DATA SHOWN:
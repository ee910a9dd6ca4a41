// Constants that conditions compare with, held in variables: each chosen word is put into a variable once, before the code, and
// conditions read it there.
//
// A branch that compares two registers is one instruction; a branch that compares a register with a constant is two. So the test
// in a loop costs half as much.

ghost use Rattle.std.specs.Prelude.{◌≡◌, IfOk};
ghost use Rattle.cc_cminor_language.specs.Code.{expression_of, expressions_of, statement_of, in_sequence};
ghost use Rattle.cc_cminor_language.specs.Statements.{statements_of};
ghost use Rattle.cc_cminor_language.specs.Numbers.{StatementFits};
ghost use Rattle.cc_guard.specs.Held.{held_word, held_operand, held_test, held_in, with_words, IsHeld};

use crate::boxes::{binary, copied, sequence};
use crate::wanted::wanted_words;
use cc_cminor_language::{
    Expression, Statement, boxed_statement, constant, local, variables_above,
};
use std::alloc::{AllocError, Global};

/// The greatest number of variables that code may have.
pub const MOST_VARIABLES: usize = 2048;

// A constant, or the variable that holds its word.
fn held_word(
    alloc: Global,
    words: &[u32],
    first: usize,
    word: u32,
) -> Result<Box<Expression>, AllocError>
    ensures { IfOk result (λ e. expression_of e.value ≡ held_word words.now first word) }
{
    let mut variable = first;
    for held in words {
        if *held == word {
            return local(alloc, variable);
        }
        let Some(next) = variable.checked_add(1) else {
            return Err(AllocError);
        };
        variable = next;
    }
    constant(alloc, word)
}

fn held_operand(
    alloc: Global,
    words: &[u32],
    first: usize,
    e: &Expression,
) -> Result<Box<Expression>, AllocError>
    ensures { IfOk result (λ made. expression_of made.value ≡ held_operand words.now first (expression_of e.now)) }
{
    match e {
        Expression::Constant(word) => held_word(alloc, words, first, *word),
        Expression::Local(_)
        | Expression::Unary(_, _)
        | Expression::Binary(_, _, _)
        | Expression::Load(_, _, _) => copied(alloc, e),
    }
}

fn held_test(
    alloc: Global,
    words: &[u32],
    first: usize,
    e: &Expression,
) -> Result<Box<Expression>, AllocError>
    ensures { IfOk result (λ made. expression_of made.value ≡ held_test words.now first (expression_of e.now)) }
{
    match e {
        Expression::Binary(operator, a, b) => {
            let a = held_operand(alloc, words, first, a)?;
            let b = held_operand(alloc, words, first, b)?;
            binary(alloc, *operator, a, b)
        }
        Expression::Constant(_)
        | Expression::Local(_)
        | Expression::Unary(_, _)
        | Expression::Load(_, _, _) => copied(alloc, e),
    }
}

fn all_copied(alloc: Global, es: &[Expression]) -> Result<Vec<Expression>, AllocError>
    ensures { IfOk result (λ copies. expressions_of copies.items ≡ expressions_of es.now) }
{
    let mut copies = Vec::new(alloc);
    for e in es {
        let copy = copied(alloc, e)?;
        copies.push(Box::into_inner(copy))?;
    }
    Ok(copies)
}

// Copies a statement that has no statements in it.
fn copied_statement(alloc: Global, s: &Statement) -> Result<Box<Statement>, AllocError>
    ensures { IfOk result (λ made. statement_of made.value ≡ statement_of s.now) }
{
    let copy = match s {
        Statement::Set(variable, e) => Statement::Set(*variable, copied(alloc, e)?),
        Statement::Store(width, object, i, e) => {
            let i = copied(alloc, i)?;
            let e = copied(alloc, e)?;
            Statement::Store(*width, *object, i, e)
        }
        Statement::Call(to, function, es) => {
            Statement::Call(*to, *function, all_copied(alloc, es.as_slice())?)
        }
        Statement::Read(to) => Statement::Read(*to),
        Statement::Write(e) => Statement::Write(copied(alloc, e)?),
        Statement::Exit(k) => Statement::Exit(*k),
        Statement::Return(e) => Statement::Return(copied(alloc, e)?),
        Statement::Skip => Statement::Skip,
        Statement::Sequence(_)
        | Statement::If(_, _, _)
        | Statement::Loop(_)
        | Statement::Block(_) => return Err(AllocError),
    };
    boxed_statement(alloc, copy)
}

// A copy of the statement whose conditions read the words from variables, numbered from `first` on.
#[cycle(holding)]
fn held_in(
    alloc: Global,
    words: &[u32],
    first: usize,
    s: &Statement,
) -> Result<Box<Statement>, AllocError>
    ensures { IfOk result (λ made. statement_of made.value ≡ held_in words.now first (statement_of s.now)) }
{
    match s {
        Statement::Sequence(all) => held_all(alloc, words, first, all.as_slice()),
        Statement::If(e, nonzero, otherwise) => {
            let test = held_test(alloc, words, first, e)?;
            let nonzero = held_in(alloc, words, first, nonzero)?;
            let otherwise = held_in(alloc, words, first, otherwise)?;
            boxed_statement(alloc, Statement::If(test, nonzero, otherwise))
        }
        Statement::Loop(body) => {
            let body = held_in(alloc, words, first, body)?;
            boxed_statement(alloc, Statement::Loop(body))
        }
        Statement::Block(body) => {
            let body = held_in(alloc, words, first, body)?;
            boxed_statement(alloc, Statement::Block(body))
        }
        Statement::Skip
        | Statement::Set(_, _)
        | Statement::Store(_, _, _, _)
        | Statement::Call(_, _, _)
        | Statement::Read(_)
        | Statement::Write(_)
        | Statement::Exit(_)
        | Statement::Return(_) => copied_statement(alloc, s),
    }
}

#[cycle(holding)]
fn held_all(
    alloc: Global,
    words: &[u32],
    first: usize,
    all: &[Statement],
) -> Result<Box<Statement>, AllocError>
    ensures { IfOk result (λ made. statement_of made.value ≡ held_in words.now first (in_sequence (statements_of all.now))) }
{
    let mut made = Vec::new(alloc);
    for s in all {
        let one = held_in(alloc, words, first, s)?;
        made.push(Box::into_inner(one))?;
    }
    sequence(alloc, made)
}

// Puts each word into its variable, then runs the statement, whose conditions read the words there.
fn with_words(
    alloc: Global,
    words: &[u32],
    first: usize,
    s: &Statement,
) -> Result<Box<Statement>, AllocError>
    ensures { IfOk result (λ made. statement_of made.value ≡ with_words words.now first (statement_of s.now)) }
{
    let mut all = Vec::new(alloc);
    let mut variable = first;
    for word in words {
        let value = constant(alloc, *word)?;
        all.push(Statement::Set(variable, value))?;
        let Some(next) = variable.checked_add(1) else {
            return Err(AllocError);
        };
        variable = next;
    }
    let code = held_in(alloc, words, first, s)?;
    all.push(Box::into_inner(code))?;
    sequence(alloc, all)
}

/// Code whose conditions read some of their constants from variables, if that makes the code faster and the limit on variables
/// allows it. Otherwise the code stays as it was.
pub fn held(alloc: Global, code: Box<Statement>) -> Result<Box<Statement>, AllocError>
    requires { StatementFits (statement_of code.value) }
    ensures { IfOk result (λ made. IsHeld (statement_of code.value) (statement_of made.value)) }
{
    let words = wanted_words(alloc, &code)?;
    let first = variables_above(0, &code) as usize;
    if words.is_empty() || first + words.len() > MOST_VARIABLES {
        return Ok(code);
    }
    let made = with_words(alloc, words.as_slice(), first, &code)?;
    drop(code);
    Ok(made)
}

ABOUT THIS EXERCISE:
Looking at the material above, please copy exactly every line from its first line through the line containing "So the test", with both ends included and nothing else.

SOLUTION:
repository ee910a9dd6ca4a41
// Constants that conditions compare with, held in variables: each chosen word is put into a variable once, before the code, and
// conditions read it there.
//
// A branch that compares two registers is one instruction; a branch that compares a register with a constant is two. So the test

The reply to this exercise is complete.